ポリマー鎖を切断して低分子化させ得る物質としては、一般的な酸化剤が挙げられるが、特にアスコルビン酸及びリボフラビンを含む水溶液を用いることが好ましい。
【0014】
更に、紫外線を照射(酸化剤は併用してもしなくても良い)して低分子化を生じさせる場合、紫外線の照射時に加熱を同時に行うことで低分子化を促進させることができる。
【0015】
吸水性ポリマーの低分子化により生じた成分を分離除去する方法としては、繊維及び吸水性ポリマーからなるサンプルをメッシュ袋に入れた状態で、該ポリマーに低分子化を起こさせ、その低分子化により生じた水分散性又は水溶性の低分子成分をメッシュ袋の目を通して外部に水等で洗い出す方法が好ましい。

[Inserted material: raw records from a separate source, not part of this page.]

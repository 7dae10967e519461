//! How the loops of a node run, each in a thread of its own, and are joined.
ghost use Rattle.std.specs.Prelude.{◌≡◌, ◌≤◌, ◌-◌, ◌+◌, ◌^◌, ℕ, false, min, length, not};
ghost use Rattle.std.specs.Io.KnownBytes.{IsAtEnd};
ghost use denote.Param.Send.{IsSend};
ghost use Rattle.faults.specs.Counts.{Rose};
ghost use Rattle.durable_store.specs.Disks.{NoneFell, DiskRose};
ghost use Rattle.durable_store.specs.Stores.{state_of, Stands};
ghost use Rattle.log_lane.specs.Lane.{lane_taken, lane_raised};
ghost use Rattle.group_links.specs.Link.{in_link, out_link};
ghost use Rattle.node_ends.specs.Intakes.{Reads, IsDone, IsCutOff};
ghost use Rattle.node_ends.specs.Outlets.{Writes};
ghost use Rattle.node_endings.specs.Loops.{gave_up, loses};
ghost use Rattle.node_endings.specs.Rounds.{RoundsOf};
ghost use Rattle.node_threads.specs.Works.{MayWork, ReadMade, WorkMade, WriteMade};

use check_worker::worker::CheckWorker;
use clock_gate::clock::Clock;
use clock_gate::gate::Gate;
use disk_model::disk::Disk;
use log_worker::home::Home;
use log_worker::worker::LogWorker;
use node_endings::ending::{Ends, LoopEnd};
use node_ends::intake::Intake;
use node_ends::outlet::Outlet;
use node_loops::loops::{check_loop, deliver_loop, log_loop, receive_loop, send_loop};
use node_seat::place::Place;
use node_seat::seat::NodeCell;
use smart_base::name::MemberId;
use smart_io::stream::{Sink, Source};
use smart_service::service::Service;
use std::sync::Wait;
use std::sync::atomic::AtomicBool;
use std::thread::{Threads, join_mut};
use store_plan::stops::Stops;

/// Why the loops ended that read the input and step the core.
struct InEnds {
    received: LoopEnd,
    delivered: LoopEnd,
}

/// Why the loops ended that work on the log.
struct WorkEnds {
    logged: LoopEnd,
    checked: LoopEnd,
}

/// Why the loops ended that let messages leave and work on the log.
struct OutEnds {
    sent: LoopEnd,
    work: WorkEnds,
}

/// Reads the input in one thread, and steps the core in this one.
fn read_and_step<
    S: Service + Send,
    P: Place<S> + Send,
    O: Sink + Send,
    I: Source + Send,
    K: Clock,
    G: Gate + Sync,
    R: Threads + Wait + Sync,
>(
    rt: &R,
    cell: &NodeCell<S, P, O>,
    gate: &G,
    member: &MemberId,
    quiet: &AtomicBool,
    input: &mut I,
    intake: &mut Intake,
    clock: &mut K,
) -> InEnds
    ensures made { ReadMade (I.left input.old) (I.left input.new) (I.faults input.old) (I.faults input.new) result.received intake.old intake.new }
    ensures delivered { gave_up result.delivered ≡ false }
{
    let (received, delivered) = join_mut(
        rt,
        &mut || receive_loop(rt, cell, gate, member, quiet, input, intake),
        &mut || deliver_loop(rt, cell, gate, member, quiet, clock),
    );
    InEnds {
        received,
        delivered,
    }
}

/// Makes the rounds of both workers, those of the log in this thread.
fn log_and_check<
    S: Service + Send,
    P: Place<S> + Send,
    O: Sink + Send,
    D: Disk,
    E: Stops,
    H: Home,
    G: Gate + Sync,
    R: Threads + Wait + Sync,
>(
    rt: &R,
    cell: &NodeCell<S, P, O>,
    gate: &G,
    member: &MemberId,
    quiet: &AtomicBool,
    worker: &mut LogWorker<D, H>,
    checker: &mut CheckWorker,
) -> WorkEnds
    requires work { MayWork D.told D.cells worker.old.faulty worker.old.store }
    ensures made { WorkMade D.faults H.restored result.logged worker.new.faulty (lane_taken worker.new.lane) (lane_raised worker.new.lane) worker.old.store worker.new.store }
    ensures rounds { RoundsOf D.told D.remembers D.cells D.moment D.left_since E.stops S.meaning P.opening H.restored worker.new.faulty (lane_taken worker.old.lane) (lane_taken worker.new.lane) worker.old.store worker.new.store }
    ensures rises { checker.old.last ≤ checker.new.last }
    ensures no_disk { result.checked ≡ LoopEnd.Failed → ⊥ }
{
    let (checked, logged) = join_mut(
        rt,
        &mut || check_loop(rt, cell, gate, member, quiet, checker),
        &mut || log_loop::<S, P, O, D, E, H, G, R>(rt, cell, gate, member, quiet, worker),
    );
    WorkEnds { logged, checked }
}

/// Lets messages leave in one thread, beside the workers.
fn send_and_work<
    S: Service + Send,
    P: Place<S> + Send,
    O: Sink + Send,
    W: Sink + Send,
    D: Disk,
    E: Stops,
    H: Home,
    G: Gate + Sync,
    R: Threads + Wait + Sync,
>(
    rt: &R,
    cell: &NodeCell<S, P, O>,
    gate: &G,
    member: &MemberId,
    quiet: &AtomicBool,
    output: &mut W,
    outlet: &mut Outlet,
    worker: &mut LogWorker<D, H>,
    checker: &mut CheckWorker,
) -> OutEnds
    requires work { MayWork D.told D.cells worker.old.faulty worker.old.store }
    ensures written { WriteMade (W.written output.old) (W.written output.new) (W.faults output.old) (W.faults output.new) result.sent outlet.old outlet.new }
    ensures made { WorkMade D.faults H.restored result.work.logged worker.new.faulty (lane_taken worker.new.lane) (lane_raised worker.new.lane) worker.old.store worker.new.store }
    ensures rounds { RoundsOf D.told D.remembers D.cells D.moment D.left_since E.stops S.meaning P.opening H.restored worker.new.faulty (lane_taken worker.old.lane) (lane_taken worker.new.lane) worker.old.store worker.new.store }
    ensures checked { result.work.checked ≡ LoopEnd.Failed → ⊥ }
{
    let (sent, work) = join_mut(
        rt,
        &mut || send_loop(rt, cell, gate, member, quiet, output, outlet),
        &mut || -> WorkEnds
            requires { IsSend S.row × (IsSend P.row × (IsSend O.row × MayWork D.told D.cells worker.now.faulty worker.now.store)) }
        { log_and_check::<S, P, O, D, E, H, G, R>(rt, cell, gate, member, quiet, worker, checker) },
    );
    OutEnds { sent, work }
}

/// Runs all five loops until they have ended: those at the input in one thread, the others in this one.
fn join_all<
    S: Service + Send,
    P: Place<S> + Send,
    O: Sink + Send,
    I: Source + Send,
    K: Clock + Send,
    W: Sink + Send,
    D: Disk,
    E: Stops,
    H: Home,
    G: Gate + Sync,
    R: Threads + Wait + Sync,
>(
    rt: &R,
    cell: &NodeCell<S, P, O>,
    gate: &G,
    member: &MemberId,
    quiet: &AtomicBool,
    input: &mut I,
    intake: &mut Intake,
    clock: &mut K,
    output: &mut W,
    outlet: &mut Outlet,
    worker: &mut LogWorker<D, H>,
    checker: &mut CheckWorker,
) -> Ends
    requires work { MayWork D.told D.cells worker.old.faulty worker.old.store }
    ensures read { ReadMade (I.left input.old) (I.left input.new) (I.faults input.old) (I.faults input.new) result.received intake.old intake.new }
    ensures delivered { gave_up result.delivered ≡ false }
    ensures written { WriteMade (W.written output.old) (W.written output.new) (W.faults output.old) (W.faults output.new) result.sent outlet.old outlet.new }
    ensures made { WorkMade D.faults H.restored result.logged worker.new.faulty (lane_taken worker.new.lane) (lane_raised worker.new.lane) worker.old.store worker.new.store }
    ensures rounds { RoundsOf D.told D.remembers D.cells D.moment D.left_since E.stops S.meaning P.opening H.restored worker.new.faulty (lane_taken worker.old.lane) (lane_taken worker.new.lane) worker.old.store worker.new.store }
    ensures checked { result.checked ≡ LoopEnd.Failed → ⊥ }
{
    let (came, left) = join_mut(
        rt,
        &mut || -> InEnds
            requires { IsSend S.row × (IsSend P.row × (IsSend O.row × IsSend I.row)) }
        {
            read_and_step::<S, P, O, I, K, G, R>(
                rt, cell, gate, member, quiet, input, intake, clock,
            )
        },
        &mut || -> OutEnds
            requires { IsSend S.row × (IsSend P.row × (IsSend O.row × (IsSend W.row × MayWork D.told D.cells worker.now.faulty worker.now.store))) }
        {
            send_and_work::<S, P, O, W, D, E, H, G, R>(
                rt, cell, gate, member, quiet, output, outlet, worker, checker,
            )
        },
    );
    let InEnds {
        received,
        delivered,
    } = came;
    let OutEnds { sent, work } = left;
    let WorkEnds { logged, checked } = work;
    Ends {
        received,
        delivered,
        sent,
        logged,
        checked,
    }
}

/// Runs the five loops of a node, each in a thread, until all have ended.
pub fn run_loops<
    S: Service + Send,
    P: Place<S> + Send,
    O: Sink + Send,
    I: Source + Send,
    K: Clock + Send,
    W: Sink + Send,
    D: Disk,
    E: Stops,
    H: Home,
    G: Gate + Sync,
    R: Threads + Wait + Sync,
>(
    rt: &R,
    cell: &NodeCell<S, P, O>,
    gate: &G,
    member: &MemberId,
    quiet: &AtomicBool,
    input: &mut I,
    intake: &mut Intake,
    clock: &mut K,
    output: &mut W,
    outlet: &mut Outlet,
    worker: &mut LogWorker<D, H>,
    checker: &mut CheckWorker,
) -> Ends
    requires whole { worker.old.faulty ≡ false }
    requires sound { D.told → Stands (state_of D.cells worker.old.store) }
    ensures links { (in_link intake.new.link ≡ in_link intake.old.link) × (out_link outlet.new.link ≡ out_link outlet.old.link) }
    ensures reads { Reads (I.left input.old) (I.left input.new) (loses result.received) intake.old intake.new }
    ensures whole { result.received ≡ LoopEnd.Done → IsAtEnd (I.left input.new) × IsDone intake.new }
    ensures form { (frame : ℕ) → result.received ≡ LoopEnd.Form frame → (frame ≡ min (intake.new.count + 1) (2 ^ 64 - 1)) × IsCutOff (I.left input.new) intake.new }
    ensures received { result.received ≡ LoopEnd.Failed → Rose (I.faults input.old) (I.faults input.new) }
    ensures delivered { gave_up result.delivered ≡ false }
    ensures wrote { Writes (W.written output.old) (W.written output.new) (not (gave_up result.sent)) outlet.old outlet.new }
    ensures sent { result.sent ≡ LoopEnd.Failed → Rose (W.faults output.old) (W.faults output.new) }
    ensures rose { worker.old.store.plan.firm ≤ worker.new.store.plan.firm }
    ensures raised { result.logged ≡ LoopEnd.Done → min (worker.new.store.plan.firm - H.restored) (length (lane_taken worker.new.lane)) ≤ lane_raised worker.new.lane }
    ensures well { result.logged ≡ LoopEnd.Done → worker.new.faulty ≡ false }
    ensures logged { result.logged ≡ LoopEnd.Failed → DiskRose D.faults worker.old.store.disks worker.new.store.disks }
    // The worker is the one before, after some rounds.
    ensures rounds { RoundsOf D.told D.remembers D.cells D.moment D.left_since E.stops S.meaning P.opening H.restored worker.new.faulty (lane_taken worker.old.lane) (lane_taken worker.new.lane) worker.old.store worker.new.store }
    ensures checked { result.checked ≡ LoopEnd.Failed → ⊥ }
    ensures later { (I.faults input.old ≤ I.faults input.new) × ((W.faults output.old ≤ W.faults output.new) × NoneFell D.faults worker.old.store.disks worker.new.store.disks) }
{
    join_all::<S, P, O, I, K, W, D, E, H, G, R>(
        rt, cell, gate, member, quiet, input, intake, clock, output, outlet, worker, checker,
    )
}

メッシュ袋としては、多孔性の合成樹脂製シートからなるもの等、各種の材質のものを用いることができるが、吸水性ポリマーの低分子化処理に対して耐性のある各種材質からなるものが好ましい。メッシュ袋の形状としては、内部に繊維及び吸水性ポリマーを収容可能な各種形状のものを用いることができる。メッシュ袋の目の細かさは、セルロース系の繊維を透過させず且つ吸水性ポリマーの低分子化により生じた成分を容易に透過させる程度の大きさであることが好ましく、適宜選択できる。低分子化により吸水性ポリマーを水溶化させた場合には、非常に細かい目であってもメッシュ袋を透過し、セルロース系繊維は透過しない。また、メッシュ袋を使用するのに代えて、グラスフィルター等の多孔性材料からなる濾材を用いることもできる。
【0016】
本発明では、サンプル中の吸水性ポリマーの好ましくは全量を、低分子成分として繊維から分離し、該低分子成分を除去した後の残存物の重量を定量し、その定量した重量を用いて、前記サンプル中の繊維及び/又は吸水性ポリマーの含有量を算出する。例えば、残存物の重量を、サンプル中に含まれていた繊維の含有量とし、吸水性ポリマーを低分子化する前のサンプルの重量から、前記残存物の重量を差し引いた重量を、サンプル中の吸水性ポリマーの含有量とする。尚、残存物の重量と該吸水性ポリマーを低分子化させる前のサンプル重量は、何れも90〜105℃で、8時間以上乾燥処理を行い、その後、室温(25〜40℃程度)にて平衡化した後に測定することが、定量精度向上の観点から好ましい。
【0017】
【実施例】
以下、本発明を実施例により更に詳細に説明する。
<実施例1>
(1)サンプルの調整
パルプ繊維として、NB416(ウエハウザー社製)、ポリアクリル酸系の吸水性ポリマーとして、ポリアクリル酸ナトリウムを主成分とする吸水性ポリマー(台湾プラスティック社製「BC283FA」)を用いて、以下のサンプルを調製した。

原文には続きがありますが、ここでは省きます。